**Problem to solve**
Return all the lines below in which the string "AllZip" appears.

*** Data listing

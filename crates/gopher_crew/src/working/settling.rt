//! `settle`: makes the page of a fetched reply.

ghost use Rattle.std.specs.Arc.{arc_value};
ghost use Rattle.std.specs.Prelude.{◌≡◌, ◌≤◌, vec_len, Err, IfOk, IfErr};
ghost use Rattle.gopher_crew.specs.Work.{Settles};

use gopher_catalogue::Why;
use gopher_item::{Place, Scope};
use gopher_page::Page;
use gopher_text::MAX_REPLY;
use std::alloc::Global;
use std::sync::Arc;

/// Makes the page of a fetched reply, which has at most 1,048,576 bytes (`MAX_REPLY`). If
/// there is none, returns the reason of the fetch, or `NoMemory`.
pub fn settle(
    alloc: Global,
    scope: &Scope,
    place: &Place,
    fetched: Result<Vec<u8>, Why>,
) -> Result<Page, Why>
    requires { IfOk fetched (λ bytes. vec_len bytes ≤ MAX_REPLY) }
    ensures page { IfOk fetched (λ it. Settles scope.now place.now it.items result) }
    ensures unfetched { IfErr fetched (λ why. result ≡ Err why) }
{
    let reply = fetched?;
    let Ok(page) = Page::of(alloc, scope, place, &reply) else {
        return Err(Why::NoMemory);
    };
    Ok(page)
}

/// Does what `settle` does. The page shares the place.
pub(crate) fn settle_shared(
    alloc: Global,
    scope: &Scope,
    place: &Arc<Place>,
    fetched: Result<Vec<u8>, Why>,
) -> Result<Page, Why>
    requires { IfOk fetched (λ bytes. vec_len bytes ≤ MAX_REPLY) }
    ensures page { IfOk fetched (λ it. Settles scope.now (arc_value place.now) it.items result) }
    ensures unfetched { IfErr fetched (λ why. result ≡ Err why) }
{
    let bytes = fetched?;
    let Ok(page) = Page::of_shared(alloc, scope, place, &bytes) else {
        return Err(Why::NoMemory);
    };
    Ok(page)
}
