//! `crawl`: several workers, each in a thread.

ghost use Rattle.std.specs.Prelude.{◌≡◌, ◌≤◌, [], length, vec_len, vec_capacity, IfOk, IfErr};
ghost use Rattle.std.specs.List.{AllZip};
ghost use Rattle.gopher_crew.specs.Rounds.{AdmitsFetched};
ghost use Rattle.gopher_crew.specs.Work.{HasPair, WorksOn, AllWork, HaveAsManyParts};

use crate::crew::{Admits, Crew};
use crate::desk::Desk;
use crate::desk::share::Share;
use crate::working::fetch::Fetch;
use crate::working::{WorkEnd, run};
use std::alloc::Global;
use std::fmt;
use std::sync::Wait;
use std::thread::{Threads, for_each_mut};
use thiserror::Error;

/// A crawl that wasn't started because memory ran out (90), with the arguments it was given.
#[derive(Drop, Error)]
#[error("out of memory")]
pub struct CrawlRefused<F: Drop, C: Crew> {
    /// The fetchers and shares.
    pub pairs: Vec<(F, Share<C>)>,
}

impl<F: Drop, C: Crew> CrawlRefused<F, C> {
    /// Returns the number of this fault, 90.
    pub fn code(&self) -> u8
        ensures { result ≡ 90 }
    {
        90
    }
}

impl<F: Drop, C: Crew> fmt::Debug for CrawlRefused<F, C> {
    fn fmt<W: fmt::Write>(&self, f: &mut fmt::Formatter<W>) -> fmt::Result {
        let pairs = self.pairs.len();
        f.debug_struct("CrawlRefused")
            .field("pairs", &pairs)
            .finish()
    }
}

// Appends a worker for each pair, in their order. Each did nothing yet.
fn workers_of<F: Drop, C: Crew>(pairs: Vec<(F, Share<C>)>, workers: &mut Vec<WorkEnd<F, C>>)
    requires empty { workers.old.items ≡ [] }
    requires none { vec_len workers.old ≡ 0 }
    requires room { vec_len pairs ≤ vec_capacity workers.old }
    ensures len { vec_len workers.new ≡ vec_len pairs }
    ensures idle { AllZip HasPair pairs.items workers.new.items }
{
    let mut pairs = pairs;
    pairs.reverse();
    while let Some((fetcher, share)) = pairs.pop() {
        workers.push_reserved(WorkEnd::idle(fetcher, share));
    }
}

// Runs each worker, in a thread of its own if that can be started.
fn run_all<
    C: Crew + Send + Sync,
    R: Wait + Drop + Send,
    A: Admits + Send + Sync,
    W: Threads + Wait + Sync,
    F: Fetch<W> + Drop + Send,
>(rt: &W, alloc: Global, desk: &Desk<C, R, A>, workers: &mut [WorkEnd<F, C>])
    requires { AdmitsFetched A.admits F.fetches desk.now }
    ensures len { length workers.new ≡ length workers.old }
    ensures each { AllZip (WorksOn F.fetches F.called desk.now) workers.old workers.new }
{
    let threads = workers.len().max(1);
    for_each_mut(
        rt,
        workers,
        threads,
        &|_index: usize, worker: &mut WorkEnd<F, C>|
            requires { AdmitsFetched A.admits F.fetches desk.now }
            ensures { WorksOn F.fetches F.called desk.entry.now worker.old worker.new }
        { run(rt, alloc, desk, worker) },
    );
}

/// Works at a desk with one thread for each pair of a fetcher and a share, until each worker has
/// stopped. Returns how the workers ended, in the order of the pairs. If a thread can't be started,
/// the caller's thread works for its pair. The desk's rule must admit each outcome that the
/// fetchers may have (`Admits`).
///
/// # Errors
/// `CrawlRefused` (90): out of memory, before any thread starts. It has the pairs.
pub fn crawl<
    C: Crew + Send + Sync,
    R: Wait + Drop + Send,
    A: Admits + Send + Sync,
    W: Threads + Wait + Sync,
    F: Fetch<W> + Drop + Send,
>(
    rt: &W,
    alloc: Global,
    desk: &Desk<C, R, A>,
    pairs: Vec<(F, Share<C>)>,
) -> Result<Vec<WorkEnd<F, C>>, CrawlRefused<F, C>>
    requires { AdmitsFetched A.admits F.fetches desk.now }
    ensures ends { IfOk result (λ ends. vec_len ends ≡ vec_len pairs) }
    ensures each { IfOk result (λ it. AllWork F.fetches F.called desk.now pairs.items it.items) }
    ensures parts { IfOk result (λ ends. HaveAsManyParts pairs.items ends.items) }
    ensures back { IfErr result (λ refused. refused.pairs ≡ pairs) }
{
    let Ok(mut workers) = Vec::with_capacity(alloc, pairs.len()) else {
        return Err(CrawlRefused { pairs });
    };
    workers_of(pairs, &mut workers);
    run_all(rt, alloc, desk, workers.as_mut_slice());
    Ok(workers)
}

******

**Task response**
ghost use Rattle.std.specs.List.{AllZip};
    ensures idle { AllZip HasPair pairs.items workers.new.items }
    ensures each { AllZip (WorksOn F.fetches F.called desk.now) workers.old workers.new }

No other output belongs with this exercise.